_Task description_.
Locate the line that contains "repository 7f26a6520e16e225" in the entries below, then repeat it and every following line through the line that contains "pub enum RawBlock", exactly, and no others.

++++++++

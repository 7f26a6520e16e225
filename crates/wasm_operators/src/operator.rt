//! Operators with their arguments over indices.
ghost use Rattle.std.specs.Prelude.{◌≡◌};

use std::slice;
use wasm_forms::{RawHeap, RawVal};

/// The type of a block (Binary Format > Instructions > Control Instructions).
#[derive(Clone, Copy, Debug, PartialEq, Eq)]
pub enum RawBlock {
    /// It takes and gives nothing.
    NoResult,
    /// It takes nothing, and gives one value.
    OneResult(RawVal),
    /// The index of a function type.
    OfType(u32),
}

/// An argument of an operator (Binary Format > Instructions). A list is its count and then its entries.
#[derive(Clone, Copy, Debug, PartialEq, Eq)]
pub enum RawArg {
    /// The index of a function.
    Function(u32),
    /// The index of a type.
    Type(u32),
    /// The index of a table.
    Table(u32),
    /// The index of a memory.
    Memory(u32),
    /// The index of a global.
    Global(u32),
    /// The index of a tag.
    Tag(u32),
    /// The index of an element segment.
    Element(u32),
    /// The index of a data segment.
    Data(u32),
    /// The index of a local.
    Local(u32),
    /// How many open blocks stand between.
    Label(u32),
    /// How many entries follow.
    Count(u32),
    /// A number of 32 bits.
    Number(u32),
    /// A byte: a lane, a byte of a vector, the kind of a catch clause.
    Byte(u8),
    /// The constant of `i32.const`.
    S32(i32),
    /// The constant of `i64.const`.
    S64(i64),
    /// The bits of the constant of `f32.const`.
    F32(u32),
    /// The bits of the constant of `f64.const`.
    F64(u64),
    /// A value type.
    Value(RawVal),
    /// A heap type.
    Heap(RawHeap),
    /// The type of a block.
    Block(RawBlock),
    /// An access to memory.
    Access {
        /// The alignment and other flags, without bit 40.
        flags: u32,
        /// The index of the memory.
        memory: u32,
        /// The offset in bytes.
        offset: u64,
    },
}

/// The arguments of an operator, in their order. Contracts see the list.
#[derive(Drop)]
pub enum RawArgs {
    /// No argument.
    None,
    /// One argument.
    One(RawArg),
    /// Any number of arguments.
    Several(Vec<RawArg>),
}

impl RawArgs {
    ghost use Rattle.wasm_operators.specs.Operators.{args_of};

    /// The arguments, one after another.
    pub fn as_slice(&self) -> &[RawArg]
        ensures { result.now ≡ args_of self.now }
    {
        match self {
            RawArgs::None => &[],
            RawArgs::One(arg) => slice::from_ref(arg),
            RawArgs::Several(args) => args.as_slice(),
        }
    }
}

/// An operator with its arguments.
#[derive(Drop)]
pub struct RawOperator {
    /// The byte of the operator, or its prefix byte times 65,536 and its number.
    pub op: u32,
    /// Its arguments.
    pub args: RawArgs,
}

++++++++

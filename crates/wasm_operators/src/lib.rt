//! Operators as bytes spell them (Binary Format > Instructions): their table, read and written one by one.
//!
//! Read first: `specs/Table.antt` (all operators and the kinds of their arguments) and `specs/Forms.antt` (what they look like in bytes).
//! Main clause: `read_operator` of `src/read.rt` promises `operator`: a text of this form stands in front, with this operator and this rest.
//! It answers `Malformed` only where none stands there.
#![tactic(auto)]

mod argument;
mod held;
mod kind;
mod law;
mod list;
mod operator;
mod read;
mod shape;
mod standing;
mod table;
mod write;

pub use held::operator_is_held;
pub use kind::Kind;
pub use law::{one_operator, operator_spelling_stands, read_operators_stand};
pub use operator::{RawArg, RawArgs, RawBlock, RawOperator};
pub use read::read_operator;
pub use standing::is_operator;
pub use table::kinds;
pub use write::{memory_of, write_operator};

++++++++

_Finished exercise_.
repository 7f26a6520e16e225
filename crates/wasm_operators/src/operator.rt
//! Operators with their arguments over indices.
ghost use Rattle.std.specs.Prelude.{◌≡◌};

use std::slice;
use wasm_forms::{RawHeap, RawVal};

/// The type of a block (Binary Format > Instructions > Control Instructions).
#[derive(Clone, Copy, Debug, PartialEq, Eq)]
pub enum RawBlock {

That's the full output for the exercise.